Strong vibrational exciton coupling effects in polarized IR spectra of the hydrogen bond in 2-thiopyridone crystals

Abstract

This paper presents the results of investigation on polarized IR spectra of the hydrogen bond in 2-thiopyridone crystals. The spectra were measured in the frequency range of the N H and N D bond stretching vibrations, for two different crystalline forms, having developed ab or bc crystal faces. The spectra exhibited extremely strong vibrational exciton coupling effects characterized by a large Davydov- splitting ( correlation field splitting), whose existence was confirmed by a strong difference between the polarized spectra of the two forms of 2-thiopyridone crystals. It was shown that extremely strong exciton interactions involving the translationally non-equivalent hydrogen bonds in the unit cell are responsible for these effects. Isotopic dilution in the crystals caused the disappearance of the spectral effects, ascribed to the inter-dimer exciton couplings, and the simultaneous retaining of the dimeric character of the “ residual” ν N H and ν N D bands.

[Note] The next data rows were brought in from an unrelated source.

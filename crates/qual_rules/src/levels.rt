//! Two types, level by level.

ghost use Rattle.qual_rules.specs.Flows.{both_ways, same_below};
ghost use Rattle.qual_rules.specs.Levels.{compare_all, compare, parameters_of, pointee_of, own_qualifier};
ghost use Rattle.std.specs.List.{flat_map};
ghost use Rattle.std.specs.Prelude.{◌≡◌, ◌++◌, [], length, map, IfSome, IfNone, OnOk, Some, None};

use c_ast::{Items, Qual, Ty};
use cv_word::NoMemory;
use qual_solve::Constraint;

/// The qualifier of a type's outermost level. Void, arrays and functions have none of their own.
pub fn own_qualifier(ty: &Ty) -> Option<Qual>
    ensures { result ≡ own_qualifier ty.now }
{
    match ty {
        Ty::Int { q, .. } | Ty::Struct { q, .. } | Ty::Ptr { q, .. } => Some(*q),
        _ => None,
    }
}

/// What a pointer points to. An array gives a pointer to its first element, and a function's name one to the
/// function.
fn pointee_of(ty: &Ty) -> Option<&Ty>
    ensures some { IfSome result (λ t. pointee_of ty.now ≡ Some t.now) }
    ensures none { IfNone result (pointee_of ty.now ≡ None) }
{
    match ty {
        Ty::Ptr { to, .. } => Some(to.get()),
        Ty::Array { elem, .. } => Some(elem.get()),
        Ty::Fun { .. } => Some(ty),
        _ => None,
    }
}

/// The types of the parameters of a function, and of one below a pointer.
pub fn parameters_of(ty: &Ty) -> Option<&Items<Ty>>
    ensures some { IfSome result (λ types. parameters_of ty.now ≡ types.now) }
    ensures none { IfNone result (parameters_of ty.now ≡ []) }
{
    let function = match ty {
        Ty::Ptr { to, .. } => to.get(),
        _ => ty,
    };
    match function {
        Ty::Fun { params, .. } => Some(params),
        _ => None,
    }
}

/// Whether two types have the same levels, qualifiers aside.
#[cycle(shapes)]
fn have_one_shape(a: &Ty, b: &Ty) -> bool
    ensures { result ≡ (compare a.now b.now).same_shape }
{
    match (a, b) {
        (Ty::Int { width: m, .. }, Ty::Int { width: n, .. }) => m == n,
        (Ty::Void, Ty::Void) => true,
        (Ty::Struct { id: m, .. }, Ty::Struct { id: n, .. }) => m == n,
        (Ty::Ptr { to: a, .. }, Ty::Ptr { to: b, .. }) => have_one_shape(a.get(), b.get()),
        (Ty::Array { elem: a, .. }, Ty::Array { elem: b, .. }) => have_one_shape(a.get(), b.get()),
        (
            Ty::Fun {
                ret: a,
                params: one,
            },
            Ty::Fun {
                ret: b,
                params: other,
            },
        ) => have_one_shape(a.get(), b.get()) && are_of_one_shape(one.as_slice(), other.as_slice()),
        _ => false,
    }
}

/// Whether the types of two lists have the same shapes, one by one.
#[cycle(shapes)]
fn are_of_one_shape(one: &[Ty], other: &[Ty]) -> bool
    ensures { result ≡ (compare_all (map compare one.now) other.now).same_shape }
{
    if one.len() != other.len() {
        return false;
    }
    for i in 0..one.len() {
        if !have_one_shape(&one[i], &other[i]) {
            return false;
        }
    }
    true
}

/// Two levels are the same.
fn push_both_ways(
    place: u32,
    first: Qual,
    second: Qual,
    out: &mut Vec<Constraint>,
) -> Result<(), NoMemory>
    ensures { OnOk result (out.new.items ≡ out.old.items ++ both_ways place (record { first = first; second = second })) }
{
    out.push(Constraint {
        from: first,
        to: second,
        place,
    })?;
    out.push(Constraint {
        from: second,
        to: first,
        place,
    })?;
    Ok(())
}

/// The levels of two types are the same, as far as they go together.
#[cycle(pairs)]
fn push_pairs(place: u32, a: &Ty, b: &Ty, out: &mut Vec<Constraint>) -> Result<(), NoMemory>
    ensures { OnOk result (out.new.items ≡ out.old.items ++ flat_map (both_ways place) (compare a.now b.now).pairs) }
{
    match (a, b) {
        (Ty::Ptr { to: a, q }, Ty::Ptr { to: b, q: r }) => {
            push_both_ways(place, *q, *r, out)?;
            push_pairs(place, a.get(), b.get(), out)
        }
        (Ty::Array { elem: a, .. }, Ty::Array { elem: b, .. }) => {
            push_pairs(place, a.get(), b.get(), out)
        }
        (
            Ty::Fun {
                ret: one,
                params: types,
            },
            Ty::Fun {
                ret: other,
                params: others,
            },
        ) => {
            if !have_one_shape(a, b) {
                return Ok(());
            }
            push_pairs(place, one.get(), other.get(), out)?;
            push_all_pairs(place, types.as_slice(), others.as_slice(), out)
        }
        _ => match (own_qualifier(a), own_qualifier(b)) {
            (Some(q), Some(r)) => push_both_ways(place, q, r, out),
            _ => Ok(()),
        },
    }
}

/// The same for the types of two lists of one length, one by one.
#[cycle(pairs)]
fn push_all_pairs(
    place: u32,
    one: &[Ty],
    other: &[Ty],
    out: &mut Vec<Constraint>,
) -> Result<(), NoMemory>
    requires { length one.now ≡ length other.now }
    ensures { OnOk result (out.new.items ≡ out.old.items ++ flat_map (both_ways place) (compare_all (map compare one.now) other.now).pairs) }
{
    for i in 0..one.len() {
        push_pairs(place, &one[i], &other[i], out)?;
    }
    Ok(())
}

/// Where a pointer flows, or joins another, each pair of levels below it is the same.
pub fn push_same_below(
    place: u32,
    from: &Ty,
    to: &Ty,
    out: &mut Vec<Constraint>,
) -> Result<(), NoMemory>
    ensures { OnOk result (out.new.items ≡ out.old.items ++ same_below place from.now to.now) }
{
    match (pointee_of(from), pointee_of(to)) {
        (Some(a), Some(b)) => push_pairs(place, a, b, out),
        _ => Ok(()),
    }
}
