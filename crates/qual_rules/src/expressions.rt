//! What flows in expressions.

ghost use Rattle.qual_rules.specs.Flows.{flow_of, own, passed, passed_all, public, same_below, same_below_all};
ghost use Rattle.qual_rules.specs.Levels.{parameters_of};
ghost use Rattle.std.specs.List.{flat_map};
ghost use Rattle.std.specs.Prelude.{◌≡◌, ◌++◌, map, IfOk, OnOk};

use crate::flow::{Source, own, push_divided, push_if_private, push_passed, push_public};
use crate::levels::{parameters_of, push_same_below};
use c_ast::typed::{Expr, ExprKind};
use c_ast::{Items, Ty};
use cv_word::NoMemory;
use qual_solve::Constraint;
use std::alloc::Global;

/// The sources of an expression. The constraints of it and its parts are put last.
#[cycle(flows)]
pub fn flow(alloc: Global, e: &Expr, out: &mut Vec<Constraint>) -> Result<Items<Source>, NoMemory>
    ensures sources { IfOk result (λ sources. sources ≡ (flow_of e.now).sources) }
    ensures constraints { OnOk result (out.new.items ≡ out.old.items ++ (flow_of e.now).constraints) }
{
    match &e.kind {
        ExprKind::Num { .. }
        | ExprKind::Str { .. }
        | ExprKind::Func { .. }
        | ExprKind::Stub { .. } => Ok(Items::new(alloc)),
        ExprKind::Local { .. } | ExprKind::Global { .. } => own(alloc, e.place, &e.ty),
        ExprKind::Unary { e: part, .. } => flow(alloc, part.get(), out),
        ExprKind::Binary { op, a, b } => {
            let sources = flow_of_two(alloc, a.get(), b.get(), out)?;
            push_divided(*op, sources.as_slice(), out)?;
            Ok(sources)
        }
        ExprKind::Logic { a, b, .. } => {
            let both = flow_of_two(alloc, a.get(), b.get(), out)?;
            push_public(both.as_slice(), out)?;
            Ok(Items::new(alloc))
        }
        ExprKind::Cond { on, yes, no } => choice(alloc, on.get(), yes.get(), no.get(), out),
        ExprKind::Assign { to, from } => assign(alloc, e.place, to.get(), from.get(), out),
        ExprKind::Call { callee, args } => {
            call(alloc, callee.get(), args.as_slice(), out)?;
            own(alloc, e.place, &e.ty)
        }
        ExprKind::Index { of, at } => {
            let sources = flow_of_two(alloc, of.get(), at.get(), out)?;
            push_public(sources.as_slice(), out)?;
            own(alloc, e.place, &e.ty)
        }
        ExprKind::Member { of, .. } => {
            flow(alloc, of.get(), out)?;
            own(alloc, e.place, &e.ty)
        }
        ExprKind::Arrow { of, .. } | ExprKind::Deref { e: of } => {
            let sources = flow(alloc, of.get(), out)?;
            push_public(sources.as_slice(), out)?;
            own(alloc, e.place, &e.ty)
        }
        ExprKind::Addr { e: part } => {
            flow(alloc, part.get(), out)?;
            Ok(Items::new(alloc))
        }
        ExprKind::Cast { e: part } => {
            let mut sources = flow(alloc, part.get(), out)?;
            let value = part.get();
            push_same_below(value.place, &value.ty, &e.ty, out)?;
            push_if_private(&mut sources, e.place, &e.ty)?;
            Ok(sources)
        }
    }
}

/// The sources of two expressions, one after the other.
#[cycle(flows)]
fn flow_of_two(
    alloc: Global,
    a: &Expr,
    b: &Expr,
    out: &mut Vec<Constraint>,
) -> Result<Items<Source>, NoMemory>
    ensures sources { IfOk result (λ sources. sources ≡ (flow_of a.now).sources ++ (flow_of b.now).sources) }
    ensures constraints { OnOk result (out.new.items ≡ out.old.items ++ (flow_of a.now).constraints ++ (flow_of b.now).constraints) }
{
    let mut sources = flow(alloc, a, out)?;
    let more = flow(alloc, b, out)?;
    sources.append(more)?;
    Ok(sources)
}

/// A condition and two branches.
#[cycle(flows)]
fn choice(
    alloc: Global,
    on: &Expr,
    yes: &Expr,
    no: &Expr,
    out: &mut Vec<Constraint>,
) -> Result<Items<Source>, NoMemory>
    ensures sources { IfOk result (λ sources. sources ≡ (flow_of yes.now).sources ++ (flow_of no.now).sources) }
    ensures constraints { OnOk result (out.new.items ≡ out.old.items
        ++ ((flow_of on.now).constraints ++ (flow_of yes.now).constraints ++ (flow_of no.now).constraints
        ++ same_below yes.now.place yes.now.ty no.now.ty ++ public (flow_of on.now).sources)) }
{
    let condition = flow(alloc, on, out)?;
    let sources = flow_of_two(alloc, yes, no, out)?;
    push_same_below(yes.place, &yes.ty, &no.ty, out)?;
    push_public(condition.as_slice(), out)?;
    Ok(sources)
}

/// An assignment at its place.
#[cycle(flows)]
fn assign(
    alloc: Global,
    place: u32,
    to: &Expr,
    from: &Expr,
    out: &mut Vec<Constraint>,
) -> Result<Items<Source>, NoMemory>
    ensures sources { IfOk result (λ sources. sources ≡ own place to.now.ty) }
    ensures constraints { OnOk result (out.new.items ≡ out.old.items
        ++ ((flow_of to.now).constraints ++ (flow_of from.now).constraints ++ passed (flow_of from.now).sources to.now.ty
        ++ same_below from.now.place from.now.ty to.now.ty)) }
{
    flow(alloc, to, out)?;
    let sources = flow(alloc, from, out)?;
    push_passed(sources.as_slice(), &to.ty, out)?;
    push_same_below(from.place, &from.ty, &to.ty, out)?;
    own(alloc, place, &to.ty)
}

/// A call's parts, and its arguments to the parameters.
#[cycle(flows)]
fn call(
    alloc: Global,
    callee: &Expr,
    args: &[Expr],
    out: &mut Vec<Constraint>,
) -> Result<(), NoMemory>
    ensures { OnOk result (out.new.items ≡ out.old.items
        ++ ((flow_of callee.now).constraints ++ flat_map (λ a. (flow_of a).constraints) args.now
        ++ passed_all (map (λ a. (flow_of a).sources) args.now) (parameters_of callee.now.ty)
        ++ same_below_all (map flow_of args.now) (parameters_of callee.now.ty) ++ public (flow_of callee.now).sources)) }
{
    let called = flow(alloc, callee, out)?;
    let all = flow_of_all(alloc, args, out)?;
    push_arguments(all.as_slice(), args, &callee.ty, out)?;
    push_public(called.as_slice(), out)
}

/// The sources of each of some expressions.
#[cycle(flows)]
fn flow_of_all(
    alloc: Global,
    args: &[Expr],
    out: &mut Vec<Constraint>,
) -> Result<Items<Items<Source>>, NoMemory>
    ensures sources { IfOk result (λ all. all ≡ map (λ a. (flow_of a).sources) args.now) }
    ensures constraints { OnOk result (out.new.items ≡ out.old.items ++ flat_map (λ a. (flow_of a).constraints) args.now) }
{
    let mut all = Items::new(alloc);
    for arg in args {
        let sources = flow(alloc, arg, out)?;
        all.push(sources)?;
    }
    Ok(all)
}

/// All arguments flow to the parameters of a callee of this type, and the levels below them are the same.
fn push_arguments(
    all: &[Items<Source>],
    args: &[Expr],
    callee: &Ty,
    out: &mut Vec<Constraint>,
) -> Result<(), NoMemory>
    ensures { OnOk result (out.new.items ≡ out.old.items
        ++ (passed_all all.now (parameters_of callee.now) ++ same_below_all (map flow_of args.now) (parameters_of callee.now))) }
{
    match parameters_of(callee) {
        Some(types) => {
            push_passed_all(all, types.as_slice(), out)?;
            push_same_below_all(args, types.as_slice(), out)
        }
        None => Ok(()),
    }
}

/// All arguments flow to their parameters.
fn push_passed_all(
    all: &[Items<Source>],
    types: &[Ty],
    out: &mut Vec<Constraint>,
) -> Result<(), NoMemory>
    ensures { OnOk result (out.new.items ≡ out.old.items ++ passed_all all.now types.now) }
{
    let mut i = 0;
    while i < all.len() && i < types.len() {
        push_passed(all[i].as_slice(), &types[i], out)?;
        i += 1;
    }
    Ok(())
}

/// The levels below all arguments and their parameters are the same.
fn push_same_below_all(
    args: &[Expr],
    types: &[Ty],
    out: &mut Vec<Constraint>,
) -> Result<(), NoMemory>
    ensures { OnOk result (out.new.items ≡ out.old.items ++ same_below_all (map flow_of args.now) types.now) }
{
    let mut i = 0;
    while i < args.len() && i < types.len() {
        let arg = &args[i];
        push_same_below(arg.place, &arg.ty, &types[i], out)?;
        i += 1;
    }
    Ok(())
}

This spectral behavior of the isotopically diluted crystals was interpreted as the result of the dynamical co-operative interactions involving the hydrogen bonds in the lattice. These interactions lead to a non-random distribution of the protons and deuterons in the cyclic hydrogen bond dimeric systems and in consequence to the so-called H/D isotopic “ self- organization” effects in the crystal spectra. The fine structure of the “ residual” ν N H and ν N D bands is also influenced by such non-conventional spectral effects as the selection rule breaking for IR transitions, as well as the “ reversal” exciton coupling effect for centrosymmetric hydrogen bonded dimers. This statement is supported by model calculations of the analyzed band shapes. They are performed in terms of the “ strong- coupling” theory which assumes a strong anharmonic coupling involving different frequency hydrogen bond normal vibrations in the dimers, namely the high-frequency N H stretching and the low-frequency ν N⋯S hydrogen bond stretching vibrations.